Extracted material:
- - - - - - -

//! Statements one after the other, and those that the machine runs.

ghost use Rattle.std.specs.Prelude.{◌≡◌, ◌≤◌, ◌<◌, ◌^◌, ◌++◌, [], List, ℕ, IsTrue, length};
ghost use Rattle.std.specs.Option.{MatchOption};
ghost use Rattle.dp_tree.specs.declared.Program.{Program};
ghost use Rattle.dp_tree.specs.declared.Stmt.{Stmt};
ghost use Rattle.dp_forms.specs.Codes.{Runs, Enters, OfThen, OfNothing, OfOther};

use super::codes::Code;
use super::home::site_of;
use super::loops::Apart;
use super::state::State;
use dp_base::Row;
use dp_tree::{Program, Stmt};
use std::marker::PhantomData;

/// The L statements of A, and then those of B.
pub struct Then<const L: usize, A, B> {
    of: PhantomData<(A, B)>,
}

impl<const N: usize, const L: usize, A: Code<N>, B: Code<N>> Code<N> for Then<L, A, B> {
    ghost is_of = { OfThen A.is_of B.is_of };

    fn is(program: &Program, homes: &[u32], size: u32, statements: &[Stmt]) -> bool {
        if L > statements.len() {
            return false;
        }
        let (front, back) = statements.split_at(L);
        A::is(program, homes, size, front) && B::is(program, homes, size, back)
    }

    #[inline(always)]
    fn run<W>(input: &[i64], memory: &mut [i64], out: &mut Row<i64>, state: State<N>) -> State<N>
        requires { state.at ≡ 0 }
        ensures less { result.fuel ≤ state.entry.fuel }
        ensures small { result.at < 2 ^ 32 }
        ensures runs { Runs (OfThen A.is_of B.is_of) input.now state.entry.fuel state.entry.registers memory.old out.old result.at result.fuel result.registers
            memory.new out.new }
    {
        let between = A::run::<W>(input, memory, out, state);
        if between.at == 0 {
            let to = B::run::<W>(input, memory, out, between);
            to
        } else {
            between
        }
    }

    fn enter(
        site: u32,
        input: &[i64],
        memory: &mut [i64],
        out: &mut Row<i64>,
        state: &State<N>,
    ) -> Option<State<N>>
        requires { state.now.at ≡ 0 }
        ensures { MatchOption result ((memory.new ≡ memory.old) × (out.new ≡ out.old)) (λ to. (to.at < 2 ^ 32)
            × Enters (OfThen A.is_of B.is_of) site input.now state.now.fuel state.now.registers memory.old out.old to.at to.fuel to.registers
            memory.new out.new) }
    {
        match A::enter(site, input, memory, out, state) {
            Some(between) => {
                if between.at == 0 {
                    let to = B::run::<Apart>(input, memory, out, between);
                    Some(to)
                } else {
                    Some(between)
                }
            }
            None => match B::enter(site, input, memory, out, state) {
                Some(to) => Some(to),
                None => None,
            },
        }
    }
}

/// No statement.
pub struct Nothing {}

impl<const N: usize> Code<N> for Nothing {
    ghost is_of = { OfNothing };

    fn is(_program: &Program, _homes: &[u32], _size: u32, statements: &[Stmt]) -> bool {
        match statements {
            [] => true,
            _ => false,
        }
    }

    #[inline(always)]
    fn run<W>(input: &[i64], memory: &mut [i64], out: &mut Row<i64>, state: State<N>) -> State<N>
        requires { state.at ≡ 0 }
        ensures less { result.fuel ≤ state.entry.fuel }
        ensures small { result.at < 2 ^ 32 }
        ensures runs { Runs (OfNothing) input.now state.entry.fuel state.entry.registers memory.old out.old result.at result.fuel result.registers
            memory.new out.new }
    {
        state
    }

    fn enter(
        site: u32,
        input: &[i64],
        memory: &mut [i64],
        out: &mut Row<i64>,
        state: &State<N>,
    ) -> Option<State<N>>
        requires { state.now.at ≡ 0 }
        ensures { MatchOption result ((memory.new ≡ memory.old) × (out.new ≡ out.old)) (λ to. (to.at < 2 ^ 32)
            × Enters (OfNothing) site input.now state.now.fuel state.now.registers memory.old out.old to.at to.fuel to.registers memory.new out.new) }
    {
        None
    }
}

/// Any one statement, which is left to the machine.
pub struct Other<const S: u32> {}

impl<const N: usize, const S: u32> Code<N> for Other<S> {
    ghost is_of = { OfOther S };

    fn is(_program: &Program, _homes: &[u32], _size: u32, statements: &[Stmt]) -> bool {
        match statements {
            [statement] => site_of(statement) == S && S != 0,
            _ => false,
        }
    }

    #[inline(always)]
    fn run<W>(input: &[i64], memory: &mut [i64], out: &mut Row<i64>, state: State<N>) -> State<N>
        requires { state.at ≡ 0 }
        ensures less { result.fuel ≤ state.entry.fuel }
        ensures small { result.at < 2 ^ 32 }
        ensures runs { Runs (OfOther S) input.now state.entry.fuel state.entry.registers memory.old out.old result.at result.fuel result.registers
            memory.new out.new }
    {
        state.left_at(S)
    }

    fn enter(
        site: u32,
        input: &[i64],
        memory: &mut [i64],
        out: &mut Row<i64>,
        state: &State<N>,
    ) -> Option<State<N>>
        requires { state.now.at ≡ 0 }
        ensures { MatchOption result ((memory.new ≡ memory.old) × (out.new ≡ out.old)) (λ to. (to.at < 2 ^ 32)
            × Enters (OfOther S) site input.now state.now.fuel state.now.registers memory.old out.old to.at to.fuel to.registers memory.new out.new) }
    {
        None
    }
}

- - - - - - -

What is required:
Gather up every line from the listing above in which the word "those" occurs.

Answer:
//! Statements one after the other, and those that the machine runs.
/// The L statements of A, and then those of B.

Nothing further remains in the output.